Niemiecki koncern Siemens zapowiedział w czwartek znaczną redukcję zatrudnienia – o około 6.9 tys. osób na całym świecie, w tym połowę w Niemczech. Zamknięte mają też zostać niektóre fabryki.
Zwolnienia obejmą zatrudniającą obecnie ok. 46,8 tys. osób część przedsiębiorstwa zajmującą się produkcją wielkich turbin gazowych. Jak wskazuje agencja dpa, Siemens od dłuższego czasu ma kłopoty z popytem na te urządzenia, czego rezultatem jest spadek cen i nadwyżka mocy produkcyjnych.
Siemens chce konsolidacji
Jak podał Siemens w komunikacie planowana restrukturyzacja jest odpowiedzią koncernu na szybkie zmiany zachodzące między innymi w obszarach energetyki i gazownictwa. Koncern planuje konsolidacje pionów pionu energetyki i gazownictwa oraz pionu usług energetycznych z pionem przemysłu oraz napędów . Konsolidacja ma na celu zwiększenie wykorzystania mocy produkcyjnych w zakładach produkcyjnych, zwiększenie wydajności i zwiększenie wiedzy fachowej poprzez łączenie zasobów – tłumaczy Siemens.

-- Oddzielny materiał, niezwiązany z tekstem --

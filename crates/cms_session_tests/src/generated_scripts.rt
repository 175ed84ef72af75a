// Scripts of known seeds.
use cms_cases::{Report, number, word};
use cms_session::script;
use std::alloc::Global;
use std::process::Abort;

/// Lines of scripts: the seed, and the place of the line, from 0.
pub const ROWS: &str = "\
1/4 => EXECIO 1 DISKW GEN EXEC A (STRING &LOOP 4 127
1/6 => EXECIO 1 DISKW GEN EXEC A (STRING EXECIO 59 DISKW F&I DATA A (STRING RECORD &I OF THE RUN
2/0 => FORMAT 191 A
2/4 => EXECIO 1 DISKW GEN EXEC A (STRING &LOOP 4 52
2/6 => EXECIO 1 DISKW GEN EXEC A (STRING EXECIO 18 DISKW F&I DATA A (STRING RECORD &I OF THE RUN
2/10 => QUERY DISK A
2/11 => 
0/4 => EXECIO 1 DISKW GEN EXEC A (STRING &LOOP 4 50
3/4 => EXECIO 1 DISKW GEN EXEC A (STRING &LOOP 4 130
3/6 => EXECIO 1 DISKW GEN EXEC A (STRING EXECIO 8 DISKW F&I DATA A (STRING RECORD &I OF THE RUN
77/4 => EXECIO 1 DISKW GEN EXEC A (STRING &LOOP 4 74
12345/6 => EXECIO 1 DISKW GEN EXEC A (STRING EXECIO 89 DISKW F&I DATA A (STRING RECORD &I OF THE RUN
1000000007/6 => EXECIO 1 DISKW GEN EXEC A (STRING EXECIO 40 DISKW F&I DATA A (STRING RECORD &I OF THE RUN
2147483647/4 => EXECIO 1 DISKW GEN EXEC A (STRING &LOOP 4 124
2147483647/6 => EXECIO 1 DISKW GEN EXEC A (STRING EXECIO 10 DISKW F&I DATA A (STRING RECORD &I OF THE RUN
2147483647/8 => EXECIO 1 DISKW GEN EXEC A (STRING ERASE F&I DATA A";

fn line(script: &[u8], place: u32) -> &str {
    match str::from_utf8(script) {
        Ok(text) => text.split('\n').nth(place as usize).unwrap_or("none"),
        Err(_) => "no text",
    }
}

/// Tells the line.
pub fn tell<R: Abort>(into: &mut Report, rt: &R, alloc: Global, case: &str) {
    let script = script(alloc, number(word(case, 0))).expect(rt, "memory");
    into.push_str(line(&script, number(word(case, 1))))
}
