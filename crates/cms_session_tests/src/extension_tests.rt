// Sessions with extensions, as transcripts.
use crate::extensions::push;
use crate::transcript::{check_sessions, passed};
use cms_ext::ExtList;
use std::alloc::{AllocError, Global};
use std::test::Fail;

const TALLIES: &str = "# a tally is asked and dropped
+ TALLY
> TALLY
TALLY 1
R;
> tally again
TALLY 2
R;
> NUCXMAP
TALLY
R;
> NUCXDROP TALLY
R;
> TALLY
CMS001E Unknown command TALLY
R(-0003);
> NUCXMAP
R;
> NUCXDROP TALLY
CMS122E Extension TALLY does not exist
R(00028);
# operands
+ TALLY TYPE
> NUCXDROP NONE
CMS122E Extension NONE does not exist
R(00028);
> NUCXDROP
CMS054E Operand is missing
R(00024);
> NUCXDROP TALLY TALLY
CMS070E Operand TALLY is not valid
R(00024);
> NUCXDROP A!
CMS062E Name A! is not valid
R(00020);
> NUCXDROP TALLY (ALL
CMS003E Option ALL is not valid
R(00024);
> NUCXMAP X
CMS070E Operand X is not valid
R(00024);
> NUCXMA
CMS001E Unknown command NUCXMA
R(-0003);
> nucxmap
TALLY
TYPE
R;
# a command is hidden by an extension, also NUCXDROP
+ TYPE NUCXDROP
> TYPE HELLO TEXT
TALLY 1
R;
> NUCXDROP TYPE
TALLY 1
R;
# each has a count of its own, also behind one that was dropped
+ A B C
> B
TALLY 1
R;
> NUCXDROP A
R;
> C
TALLY 1
R;
> B
TALLY 2
R;
> NUCXMAP
B
C
R;
# a procedure drops it
+ TALLY
@ P
| &TRACE OFF
| TALLY
| NUCXDROP TALLY
| TALLY
| &EXIT &RC
> P
TALLY 1
CMS001E Unknown command TALLY
R(-0003);
# a procedure comes first where CMS takes the line
+ TALLY
@ TALLY
| &TRACE OFF
| &TYPE THE PROCEDURE
| TALLY
> TALLY
THE PROCEDURE
TALLY 1
R;
";

const ASKING: &str = "# lines are asked for
+ NOTE
> NOTE
> One
One
> Two
Two
> END
R(00007);
> NOTE
> Three
Three
R(00007);
# a stacked line comes before the console's
+ NOTE
@ P
| &TRACE OFF
| &STACK HELLO
| NOTE
| &TYPE &RC
> P
HELLO
> END
7
R;
# no turn is left for the third reply: -t 3 191,512,rw,A
+ NOTE
> NOTE
> One
One
> Two
! Turns
";

const SENT: &str = "# texts are sent to an extension
+ PAD
@ P
| &TRACE OFF
| &SUBCOMMAND PAD Hello  World
| &TYPE &RC
| &SUBCOMMAND pad again
| &SUBCOMMAND PAD
| &EXIT &RC
> P
Hello World
0
again
R(00028);
# commands go to it, until they go to CMS again
+ PAD TALLY
@ P
| &TRACE OFF
| &PRESUME &SUBCOMMAND pad
| TALLY
| STATE NONE EXEC A
| &COMMAND TALLY
| &SUBCOMMAND TALLY X
| &TYPE &RC
| * a comment
| &NOPE
| &TYPE &RC
| &PRESUME
| TALLY
| &PRESUME &SUBCOMMAND PAD
| &PRESUME &COMMAND
| TALLY
> P
TALLY
STATE NONE EXEC A
TALLY 1
24
28
TALLY 2
TALLY 3
R;
# there is none, or none any more
+ PAD
@ P
| &TRACE OFF
| &SUBCOMMAND NONE X
| &TYPE &RC
| &SUBCOMMAND a!b X
| &SUBCOMMAND MORETHANEIGHT X
| &PRESUME &SUBCOMMAND PAD
| HELLO
| &COMMAND NUCXDROP PAD
| HELLO
| &TYPE &RC
| PAD
> P
CMS122E Extension NONE does not exist
28
CMS122E Extension A!B does not exist
CMS122E Extension MORETHANEIGHT does not exist
HELLO
CMS122E Extension PAD does not exist
28
CMS122E Extension PAD does not exist
R;
# a text's code starts the error action, and a text without a code other than 0 doesn't
+ PAD
@ P
| &TRACE OFF
| &ERROR &TYPE BAD &RC
| &SUBCOMMAND PAD X
| &SUBCOMMAND PAD
| &PRESUME &SUBCOMMAND NONE
| Y
| &ERROR Z
| W
> P
X
BAD 28
CMS122E Extension NONE does not exist
BAD 28
CMS122E Extension NONE does not exist
CMS122E Extension NONE does not exist
R;
# an extension that asks for lines within a procedure's text
+ NOTE PAD
@ Q
| &TRACE OFF
| &COMMAND NOTE
| &TYPE &RC
| EXEC NONE
@ P
| &TRACE OFF
| &PRESUME &SUBCOMMAND PAD
| &COMMAND EXEC Q
| EXEC Q
> P
> One
One
> END
7
CMS002E File NONE EXEC * not found
EXEC Q
R;
# where commands go must be said in full
+ PAD
@ P
| &TRACE OFF
| &PRESUME PAD
> P
CMS085E Procedure P stopped at line 2 with fault 6
R(10006);
# the first call is in the statement's turn, the second has one of its own: -t 7 191,512,rw,A
+ PAD
@ P
| &TRACE OFF
| &SUBCOMMAND PAD X
| &TYPE Y
> P
X
! Turns
# that is enough: -t 8 191,512,rw,A
+ PAD
@ P
| &TRACE OFF
| &SUBCOMMAND PAD X
| &TYPE Y
> P
X
Y
R;
";

const FILES: &str = "# hello
+ CARRY
> CARRY HELLO TEXT A COPY TEXT A
R;
> TYPE COPY TEXT A
HELLO
WORLD
R;
> CARRY HELLO TEXT A COPY TEXT A
CMS107E Disk A is full, 2 blocks needed, 1 free
R(00100);
> ERASE HELLO TEXT A
R;
> CARRY COPY TEXT A COPY TEXT A
R;
> TYPE COPY TEXT A
HELLO
WORLD
R;
> CARRY NONE TEXT A COPY TEXT A
CMS002E File NONE TEXT A not found
R(00028);
> CARRY COPY TEXT C COPY TEXT A
CMS069E Disk C is not accessed
R(00036);
> CARRY COPY TEXT A COPY TEXT C
CMS069E Disk C is not accessed
R(00036);
# hello: 191,512,ro,A
+ CARRY
> CARRY HELLO TEXT A COPY TEXT A
CMS037E Disk A is read-only
R(00036);
# hello
^ 8
+ CARRY
> CARRY HELLO TEXT A COPY TEXT A
CMS105E Device fault on 191
R(00100);
> STATE COPY TEXT A
CMS002E File COPY TEXT A not found
R(00028);
# hello
^ 10
+ CARRY
> CARRY HELLO TEXT A COPY TEXT A
CMS105E Device fault on 191
R(00100);
> STATE COPY TEXT A
CMS002E File COPY TEXT A not found
R(00028);
# hello
+ HEAP
> HEAP LONG TEXT A
CMS120E Limit 3 reached
R(00040);
> STATE LONG TEXT A
CMS002E File LONG TEXT A not found
R(00028);
";

#[test]
fn extensions_answer_their_lines(rt: HostRuntime) -> Result<(), Fail> {
    check_sessions(&rt, rt.alloc(), &[TALLIES, ASKING, SENT, FILES])
}

// Whether a word is taken once.
fn taken_once(alloc: Global) -> Result<bool, AllocError> {
    let mut extensions = ExtList::new(alloc);
    let first = push(alloc, &mut extensions, "TALLY")?;
    let second = push(alloc, &mut extensions, "TALLY")?;
    Ok(first && !second && extensions.len() == 1)
}

#[test]
fn a_second_tally_comes_back(rt: HostRuntime) -> Result<(), Fail> {
    let taken_once = taken_once(rt.alloc()).expect(&rt, "memory");
    passed(if taken_once { "" } else { "taken twice" })
}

Spada zapotrzebowanie na turbiny gazowe
Koncern zwraca uwagę, że globalne zapotrzebowanie na duże turbiny gazowe (powyżej 100 MW) drastycznie spadło i wiele wskazuje na to, że będzie się utrzymywało na poziomie ok.110 turbin rocznie, podczas gdy światowe zdolności produkcyjne sięgają 400 turbin.
Siemens poinformował, że zamknięte zostaną m.in. zakłady w Goerlitz i w Lipsku, zatrudniające łącznie 920 osób.
Zdecydowany sprzeciw wobec planów koncernu zapowiada wielki branżowy związek zawodowy IG Metall.